TASK STATEMENT> In full and without alteration, write out the data below.

━━ EXCERPTED RECORDS ━━

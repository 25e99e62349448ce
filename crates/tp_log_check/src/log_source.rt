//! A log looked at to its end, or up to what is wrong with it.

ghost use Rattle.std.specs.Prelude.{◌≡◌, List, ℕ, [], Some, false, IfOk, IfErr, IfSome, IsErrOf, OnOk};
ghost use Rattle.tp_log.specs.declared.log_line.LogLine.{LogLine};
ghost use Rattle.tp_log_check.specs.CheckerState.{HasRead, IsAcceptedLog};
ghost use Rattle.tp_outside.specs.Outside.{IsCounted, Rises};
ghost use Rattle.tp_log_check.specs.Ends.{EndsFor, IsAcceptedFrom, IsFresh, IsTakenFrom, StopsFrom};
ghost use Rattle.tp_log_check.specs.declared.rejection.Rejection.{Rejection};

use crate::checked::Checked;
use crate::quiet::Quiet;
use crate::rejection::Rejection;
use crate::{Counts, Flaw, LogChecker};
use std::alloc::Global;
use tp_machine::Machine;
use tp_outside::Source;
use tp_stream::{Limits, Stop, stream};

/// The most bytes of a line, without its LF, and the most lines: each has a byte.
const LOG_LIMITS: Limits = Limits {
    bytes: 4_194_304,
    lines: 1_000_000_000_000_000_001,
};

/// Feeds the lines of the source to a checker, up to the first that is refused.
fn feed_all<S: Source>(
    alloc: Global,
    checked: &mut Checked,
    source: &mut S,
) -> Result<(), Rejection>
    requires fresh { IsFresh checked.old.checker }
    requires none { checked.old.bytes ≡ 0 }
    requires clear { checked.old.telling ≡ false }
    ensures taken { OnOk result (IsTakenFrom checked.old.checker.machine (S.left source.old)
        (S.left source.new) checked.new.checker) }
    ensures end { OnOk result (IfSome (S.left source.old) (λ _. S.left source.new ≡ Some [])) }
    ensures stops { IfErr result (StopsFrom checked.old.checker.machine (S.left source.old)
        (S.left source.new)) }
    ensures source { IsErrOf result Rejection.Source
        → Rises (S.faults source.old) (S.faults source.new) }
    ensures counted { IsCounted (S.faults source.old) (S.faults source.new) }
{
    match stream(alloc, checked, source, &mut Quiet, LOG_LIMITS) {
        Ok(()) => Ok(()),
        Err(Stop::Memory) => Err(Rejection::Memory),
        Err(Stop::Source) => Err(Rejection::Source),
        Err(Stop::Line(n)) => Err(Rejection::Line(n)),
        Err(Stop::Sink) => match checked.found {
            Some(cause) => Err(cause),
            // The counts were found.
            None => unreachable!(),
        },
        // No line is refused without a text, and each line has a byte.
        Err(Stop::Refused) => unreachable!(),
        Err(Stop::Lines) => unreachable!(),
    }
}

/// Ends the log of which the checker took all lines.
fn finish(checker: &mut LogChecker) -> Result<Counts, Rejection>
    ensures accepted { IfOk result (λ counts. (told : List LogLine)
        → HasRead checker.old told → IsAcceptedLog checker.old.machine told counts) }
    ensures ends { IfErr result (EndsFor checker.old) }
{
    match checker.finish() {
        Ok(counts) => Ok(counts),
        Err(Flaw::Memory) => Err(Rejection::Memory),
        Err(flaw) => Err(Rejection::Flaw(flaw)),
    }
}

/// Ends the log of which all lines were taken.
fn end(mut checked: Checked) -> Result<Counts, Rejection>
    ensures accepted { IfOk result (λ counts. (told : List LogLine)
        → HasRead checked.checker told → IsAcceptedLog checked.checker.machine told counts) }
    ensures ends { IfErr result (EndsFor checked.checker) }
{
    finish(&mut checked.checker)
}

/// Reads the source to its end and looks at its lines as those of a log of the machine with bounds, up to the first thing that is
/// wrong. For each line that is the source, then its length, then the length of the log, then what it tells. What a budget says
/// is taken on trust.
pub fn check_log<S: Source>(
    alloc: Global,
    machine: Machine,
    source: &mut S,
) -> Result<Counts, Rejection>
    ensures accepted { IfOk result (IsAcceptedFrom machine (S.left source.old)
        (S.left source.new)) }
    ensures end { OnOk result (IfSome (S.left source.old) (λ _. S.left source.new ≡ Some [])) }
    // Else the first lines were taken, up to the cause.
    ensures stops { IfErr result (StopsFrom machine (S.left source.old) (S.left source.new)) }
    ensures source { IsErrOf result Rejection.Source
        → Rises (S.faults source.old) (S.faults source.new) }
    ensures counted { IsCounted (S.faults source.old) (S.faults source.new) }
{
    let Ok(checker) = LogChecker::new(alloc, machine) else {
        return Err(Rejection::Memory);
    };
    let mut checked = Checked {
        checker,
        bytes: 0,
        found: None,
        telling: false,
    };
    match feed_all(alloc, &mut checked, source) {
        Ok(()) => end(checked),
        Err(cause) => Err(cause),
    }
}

━━━

RESULT OF THIS EXERCISE>
repository 25e99e62349448ce
filename crates/tp_log_check/src/log_source.rt
//! A log looked at to its end, or up to what is wrong with it.

ghost use Rattle.std.specs.Prelude.{◌≡◌, List, ℕ, [], Some, false, IfOk, IfErr, IfSome, IsErrOf, OnOk};
ghost use Rattle.tp_log.specs.declared.log_line.LogLine.{LogLine};
ghost use Rattle.tp_log_check.specs.CheckerState.{HasRead, IsAcceptedLog};
ghost use Rattle.tp_outside.specs.Outside.{IsCounted, Rises};
ghost use Rattle.tp_log_check.specs.Ends.{EndsFor, IsAcceptedFrom, IsFresh, IsTakenFrom, StopsFrom};
ghost use Rattle.tp_log_check.specs.declared.rejection.Rejection.{Rejection};

use crate::checked::Checked;
use crate::quiet::Quiet;
use crate::rejection::Rejection;
use crate::{Counts, Flaw, LogChecker};
use std::alloc::Global;
use tp_machine::Machine;
use tp_outside::Source;
use tp_stream::{Limits, Stop, stream};

/// The most bytes of a line, without its LF, and the most lines: each has a byte.
const LOG_LIMITS: Limits = Limits {
    bytes: 4_194_304,
    lines: 1_000_000_000_000_000_001,
};

/// Feeds the lines of the source to a checker, up to the first that is refused.
fn feed_all<S: Source>(
    alloc: Global,
    checked: &mut Checked,
    source: &mut S,
) -> Result<(), Rejection>
    requires fresh { IsFresh checked.old.checker }
    requires none { checked.old.bytes ≡ 0 }
    requires clear { checked.old.telling ≡ false }
    ensures taken { OnOk result (IsTakenFrom checked.old.checker.machine (S.left source.old)
        (S.left source.new) checked.new.checker) }
    ensures end { OnOk result (IfSome (S.left source.old) (λ _. S.left source.new ≡ Some [])) }
    ensures stops { IfErr result (StopsFrom checked.old.checker.machine (S.left source.old)
        (S.left source.new)) }
    ensures source { IsErrOf result Rejection.Source
        → Rises (S.faults source.old) (S.faults source.new) }
    ensures counted { IsCounted (S.faults source.old) (S.faults source.new) }
{
    match stream(alloc, checked, source, &mut Quiet, LOG_LIMITS) {
        Ok(()) => Ok(()),
        Err(Stop::Memory) => Err(Rejection::Memory),
        Err(Stop::Source) => Err(Rejection::Source),
        Err(Stop::Line(n)) => Err(Rejection::Line(n)),
        Err(Stop::Sink) => match checked.found {
            Some(cause) => Err(cause),
            // The counts were found.
            None => unreachable!(),
        },
        // No line is refused without a text, and each line has a byte.
        Err(Stop::Refused) => unreachable!(),
        Err(Stop::Lines) => unreachable!(),
    }
}

/// Ends the log of which the checker took all lines.
fn finish(checker: &mut LogChecker) -> Result<Counts, Rejection>
    ensures accepted { IfOk result (λ counts. (told : List LogLine)
        → HasRead checker.old told → IsAcceptedLog checker.old.machine told counts) }
    ensures ends { IfErr result (EndsFor checker.old) }
{
    match checker.finish() {
        Ok(counts) => Ok(counts),
        Err(Flaw::Memory) => Err(Rejection::Memory),
        Err(flaw) => Err(Rejection::Flaw(flaw)),
    }
}

/// Ends the log of which all lines were taken.
fn end(mut checked: Checked) -> Result<Counts, Rejection>
    ensures accepted { IfOk result (λ counts. (told : List LogLine)
        → HasRead checked.checker told → IsAcceptedLog checked.checker.machine told counts) }
    ensures ends { IfErr result (EndsFor checked.checker) }
{
    finish(&mut checked.checker)
}

/// Reads the source to its end and looks at its lines as those of a log of the machine with bounds, up to the first thing that is
/// wrong. For each line that is the source, then its length, then the length of the log, then what it tells. What a budget says
/// is taken on trust.
pub fn check_log<S: Source>(
    alloc: Global,
    machine: Machine,
    source: &mut S,
) -> Result<Counts, Rejection>
    ensures accepted { IfOk result (IsAcceptedFrom machine (S.left source.old)
        (S.left source.new)) }
    ensures end { OnOk result (IfSome (S.left source.old) (λ _. S.left source.new ≡ Some [])) }
    // Else the first lines were taken, up to the cause.
    ensures stops { IfErr result (StopsFrom machine (S.left source.old) (S.left source.new)) }
    ensures source { IsErrOf result Rejection.Source
        → Rises (S.faults source.old) (S.faults source.new) }
    ensures counted { IsCounted (S.faults source.old) (S.faults source.new) }
{
    let Ok(checker) = LogChecker::new(alloc, machine) else {
        return Err(Rejection::Memory);
    };
    let mut checked = Checked {
        checker,
        bytes: 0,
        found: None,
        telling: false,
    };
    match feed_all(alloc, &mut checked, source) {
        Ok(()) => end(checked),
        Err(cause) => Err(cause),
    }
}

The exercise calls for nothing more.